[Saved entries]
════════

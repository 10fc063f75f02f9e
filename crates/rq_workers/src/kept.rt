//! The step interface over a kept engine of one thread.
ghost use Rattle.std.specs.Prelude.{◌≡◌, ◌≤◌, ◌+◌, ◌∷◌, ◌++◌, true, length, IfSome, IfNone};
ghost use Rattle.rq_engine.specs.Says.{call_of, has_body};
ghost use Rattle.rq_shared.specs.Calls.{IsStepOf};
ghost use Rattle.rq_workers.specs.Forcing.{lsn_forced, most_forced};
ghost use Rattle.rq_workers.specs.Keeping.{count_left, entries_left};

use crate::steps::Steps;
use rq_bytes::GhostList;
use rq_disk::{LogDevice, PageDevice};
use rq_engine::event::Event;
use rq_level::Level;
use rq_shared::kept::{Kept, Stamped};
use std::snapshot::Snapshot;

/// A kept engine that is called under this pass number. Stamps handed on are dropped; there is nobody else to be told what
/// is forced. Its audit is that of the engine which was given, with an entry for each call behind it.
#[derive(Drop)]
pub struct KeptSteps<P: PageDevice, L: LogDevice, B: Level> {
    kept: Kept<P, L, B>,
    pass: u64,
    made: Snapshot<GhostList<Stamped>>,
    forced: Snapshot<GhostList<Stamped>>,
    told: Snapshot<GhostList<Stamped>>,
    lacked: Snapshot<GhostList<()>>,
    // as it was given
    begun: Snapshot<Kept<P, L, B>>,
    ghost audit: { kept.audit ≡ begun.value.audit ++ entries_left made.value },
    ghost base: { (kept.base ≡ begun.value.base) × (kept.taken ≡ begun.value.taken) },
}

impl<P: PageDevice + Drop, L: LogDevice + Drop, B: Level> KeptSteps<P, L, B> {
    /// Calls this engine under this number.
    pub fn new(kept: Kept<P, L, B>, pass: u64) -> Self
        ensures begun { (result.kept ≡ kept) × (result.begun.value ≡ kept) × (result.pass ≡ pass) }
    {
        let begun = Snapshot::of(&kept);
        KeptSteps {
            kept,
            pass,
            made: GhostList::empty(),
            forced: GhostList::empty(),
            told: GhostList::empty(),
            lacked: GhostList::empty(),
            begun,
        }
    }

    /// The engine: its audit is that of the one which was given, with the entries behind it that the calls since left.
    pub fn into_kept(self) -> Kept<P, L, B>
        ensures kept { result ≡ self.kept }
        ensures audit { result.audit ≡ self.begun.value.audit ++ entries_left self.made.value }
        ensures base { (result.base ≡ self.begun.value.base) × (result.taken ≡ self.begun.value.taken) }
    {
        let KeptSteps {
            kept,
            pass: _,
            made: _,
            forced: _,
            told: _,
            lacked: _,
            begun: _,
        } = self;
        kept
    }
}

impl<P: PageDevice + Drop, L: LogDevice + Drop, B: Level> Steps for KeptSteps<P, L, B> {
    ghost made = { λ s. s.made.value };

    ghost forced = { λ s. s.forced.value };

    ghost told = { λ s. s.told.value };

    ghost lacked = { λ s. length s.lacked.value };

    ghost counted = { λ s. length s.kept.audit };

    ghost shown = { λ s. most_forced s.forced.value };

    fn call(&mut self, event: Event) -> Stamped
        ensures event { result.event ≡ event }
        ensures made { self.new.made.value ≡ result ∷ self.old.made.value }
        ensures forced { self.new.forced.value ≡ self.old.forced.value }
        ensures told { self.new.told.value ≡ self.old.told.value }
        ensures lacked { length self.new.lacked.value ≡ length self.old.lacked.value }
        ensures counted { length self.new.kept.audit ≡ count_left result + length self.old.kept.audit }
        ensures shown { most_forced self.old.forced.value ≤ most_forced self.new.forced.value }
        ensures stepped { IsStepOf P.PageDevice L.LogDevice self.old.kept self.old.pass event result self.new.kept }
        ensures given { (self.new.pass ≡ self.old.pass) × (self.new.begun.value ≡ self.old.begun.value) }
    {
        let stamped = self.kept.step(self.pass, event);
        GhostList::push(&mut self.made, &stamped);
        stamped
    }

    fn force(&mut self) -> Stamped
        ensures event { result.event ≡ Event.Force }
        ensures made { self.new.made.value ≡ result ∷ self.old.made.value }
        ensures forced { self.new.forced.value ≡ result ∷ self.old.forced.value }
        ensures told { self.new.told.value ≡ self.old.told.value }
        ensures lacked { length self.new.lacked.value ≡ length self.old.lacked.value }
        ensures counted { length self.new.kept.audit ≡ count_left result + length self.old.kept.audit }
        ensures shown { (most_forced self.old.forced.value ≤ most_forced self.new.forced.value)
            × (lsn_forced result.reply ≤ most_forced self.new.forced.value) }
        ensures stepped { IsStepOf P.PageDevice L.LogDevice self.old.kept self.old.pass Event.Force result self.new.kept }
        ensures given { (self.new.pass ≡ self.old.pass) × (self.new.begun.value ≡ self.old.begun.value) }
    {
        let stamped = self.call(Event::Force);
        GhostList::push(&mut self.forced, &stamped);
        stamped
    }

    fn seen(&mut self, stamped: Stamped)
        ensures made { self.new.made.value ≡ self.old.made.value }
        ensures forced { self.new.forced.value ≡ self.old.forced.value }
        ensures told { self.new.told.value ≡ stamped ∷ self.old.told.value }
        ensures lacked { length self.new.lacked.value ≡ length self.old.lacked.value }
        ensures counted { length self.new.kept.audit ≡ length self.old.kept.audit }
        ensures shown { most_forced self.old.forced.value ≤ most_forced self.new.forced.value }
        ensures kept { (self.new.kept ≡ self.old.kept) × (self.new.pass ≡ self.old.pass)
            × (self.new.begun.value ≡ self.old.begun.value) }
    {
        GhostList::push(&mut self.told, &stamped);
    }

    fn copy(&mut self, event: &Event) -> Option<Event>
        ensures copy { IfSome result (λ copy. (call_of copy ≡ call_of event.now)
            × (length self.new.lacked.value ≡ length self.old.lacked.value)) }
        ensures lacked { IfNone result (length self.new.lacked.value ≡ length self.old.lacked.value + 1) }
        ensures body { IfNone result (has_body (call_of event.now) ≡ true) }
        ensures made { self.new.made.value ≡ self.old.made.value }
        ensures forced { self.new.forced.value ≡ self.old.forced.value }
        ensures told { self.new.told.value ≡ self.old.told.value }
        ensures counted { length self.new.kept.audit ≡ length self.old.kept.audit }
        ensures shown { most_forced self.old.forced.value ≤ most_forced self.new.forced.value }
        ensures kept { (self.new.kept ≡ self.old.kept) × (self.new.pass ≡ self.old.pass)
            × (self.new.begun.value ≡ self.old.begun.value) }
    {
        let copy = event.copied();
        if copy.is_none() {
            GhostList::push(&mut self.lacked, &());
        }
        copy
    }
}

════════

• DESCRIPTION OF THE TASK:
Return the entries in full, keeping every line exactly as it is.

• COMPLETED EXERCISE:
repository 10fc063f75f02f9e
filename crates/rq_workers/src/kept.rt
//! The step interface over a kept engine of one thread.
ghost use Rattle.std.specs.Prelude.{◌≡◌, ◌≤◌, ◌+◌, ◌∷◌, ◌++◌, true, length, IfSome, IfNone};
ghost use Rattle.rq_engine.specs.Says.{call_of, has_body};
ghost use Rattle.rq_shared.specs.Calls.{IsStepOf};
ghost use Rattle.rq_workers.specs.Forcing.{lsn_forced, most_forced};
ghost use Rattle.rq_workers.specs.Keeping.{count_left, entries_left};

use crate::steps::Steps;
use rq_bytes::GhostList;
use rq_disk::{LogDevice, PageDevice};
use rq_engine::event::Event;
use rq_level::Level;
use rq_shared::kept::{Kept, Stamped};
use std::snapshot::Snapshot;

/// A kept engine that is called under this pass number. Stamps handed on are dropped; there is nobody else to be told what
/// is forced. Its audit is that of the engine which was given, with an entry for each call behind it.
#[derive(Drop)]
pub struct KeptSteps<P: PageDevice, L: LogDevice, B: Level> {
    kept: Kept<P, L, B>,
    pass: u64,
    made: Snapshot<GhostList<Stamped>>,
    forced: Snapshot<GhostList<Stamped>>,
    told: Snapshot<GhostList<Stamped>>,
    lacked: Snapshot<GhostList<()>>,
    // as it was given
    begun: Snapshot<Kept<P, L, B>>,
    ghost audit: { kept.audit ≡ begun.value.audit ++ entries_left made.value },
    ghost base: { (kept.base ≡ begun.value.base) × (kept.taken ≡ begun.value.taken) },
}

impl<P: PageDevice + Drop, L: LogDevice + Drop, B: Level> KeptSteps<P, L, B> {
    /// Calls this engine under this number.
    pub fn new(kept: Kept<P, L, B>, pass: u64) -> Self
        ensures begun { (result.kept ≡ kept) × (result.begun.value ≡ kept) × (result.pass ≡ pass) }
    {
        let begun = Snapshot::of(&kept);
        KeptSteps {
            kept,
            pass,
            made: GhostList::empty(),
            forced: GhostList::empty(),
            told: GhostList::empty(),
            lacked: GhostList::empty(),
            begun,
        }
    }

    /// The engine: its audit is that of the one which was given, with the entries behind it that the calls since left.
    pub fn into_kept(self) -> Kept<P, L, B>
        ensures kept { result ≡ self.kept }
        ensures audit { result.audit ≡ self.begun.value.audit ++ entries_left self.made.value }
        ensures base { (result.base ≡ self.begun.value.base) × (result.taken ≡ self.begun.value.taken) }
    {
        let KeptSteps {
            kept,
            pass: _,
            made: _,
            forced: _,
            told: _,
            lacked: _,
            begun: _,
        } = self;
        kept
    }
}

impl<P: PageDevice + Drop, L: LogDevice + Drop, B: Level> Steps for KeptSteps<P, L, B> {
    ghost made = { λ s. s.made.value };

    ghost forced = { λ s. s.forced.value };

    ghost told = { λ s. s.told.value };

    ghost lacked = { λ s. length s.lacked.value };

    ghost counted = { λ s. length s.kept.audit };

    ghost shown = { λ s. most_forced s.forced.value };

    fn call(&mut self, event: Event) -> Stamped
        ensures event { result.event ≡ event }
        ensures made { self.new.made.value ≡ result ∷ self.old.made.value }
        ensures forced { self.new.forced.value ≡ self.old.forced.value }
        ensures told { self.new.told.value ≡ self.old.told.value }
        ensures lacked { length self.new.lacked.value ≡ length self.old.lacked.value }
        ensures counted { length self.new.kept.audit ≡ count_left result + length self.old.kept.audit }
        ensures shown { most_forced self.old.forced.value ≤ most_forced self.new.forced.value }
        ensures stepped { IsStepOf P.PageDevice L.LogDevice self.old.kept self.old.pass event result self.new.kept }
        ensures given { (self.new.pass ≡ self.old.pass) × (self.new.begun.value ≡ self.old.begun.value) }
    {
        let stamped = self.kept.step(self.pass, event);
        GhostList::push(&mut self.made, &stamped);
        stamped
    }

    fn force(&mut self) -> Stamped
        ensures event { result.event ≡ Event.Force }
        ensures made { self.new.made.value ≡ result ∷ self.old.made.value }
        ensures forced { self.new.forced.value ≡ result ∷ self.old.forced.value }
        ensures told { self.new.told.value ≡ self.old.told.value }
        ensures lacked { length self.new.lacked.value ≡ length self.old.lacked.value }
        ensures counted { length self.new.kept.audit ≡ count_left result + length self.old.kept.audit }
        ensures shown { (most_forced self.old.forced.value ≤ most_forced self.new.forced.value)
            × (lsn_forced result.reply ≤ most_forced self.new.forced.value) }
        ensures stepped { IsStepOf P.PageDevice L.LogDevice self.old.kept self.old.pass Event.Force result self.new.kept }
        ensures given { (self.new.pass ≡ self.old.pass) × (self.new.begun.value ≡ self.old.begun.value) }
    {
        let stamped = self.call(Event::Force);
        GhostList::push(&mut self.forced, &stamped);
        stamped
    }

    fn seen(&mut self, stamped: Stamped)
        ensures made { self.new.made.value ≡ self.old.made.value }
        ensures forced { self.new.forced.value ≡ self.old.forced.value }
        ensures told { self.new.told.value ≡ stamped ∷ self.old.told.value }
        ensures lacked { length self.new.lacked.value ≡ length self.old.lacked.value }
        ensures counted { length self.new.kept.audit ≡ length self.old.kept.audit }
        ensures shown { most_forced self.old.forced.value ≤ most_forced self.new.forced.value }
        ensures kept { (self.new.kept ≡ self.old.kept) × (self.new.pass ≡ self.old.pass)
            × (self.new.begun.value ≡ self.old.begun.value) }
    {
        GhostList::push(&mut self.told, &stamped);
    }

    fn copy(&mut self, event: &Event) -> Option<Event>
        ensures copy { IfSome result (λ copy. (call_of copy ≡ call_of event.now)
            × (length self.new.lacked.value ≡ length self.old.lacked.value)) }
        ensures lacked { IfNone result (length self.new.lacked.value ≡ length self.old.lacked.value + 1) }
        ensures body { IfNone result (has_body (call_of event.now) ≡ true) }
        ensures made { self.new.made.value ≡ self.old.made.value }
        ensures forced { self.new.forced.value ≡ self.old.forced.value }
        ensures told { self.new.told.value ≡ self.old.told.value }
        ensures counted { length self.new.kept.audit ≡ length self.old.kept.audit }
        ensures shown { most_forced self.old.forced.value ≤ most_forced self.new.forced.value }
        ensures kept { (self.new.kept ≡ self.old.kept) × (self.new.pass ≡ self.old.pass)
            × (self.new.begun.value ≡ self.old.begun.value) }
    {
        let copy = event.copied();
        if copy.is_none() {
            GhostList::push(&mut self.lacked, &());
        }
        copy
    }
}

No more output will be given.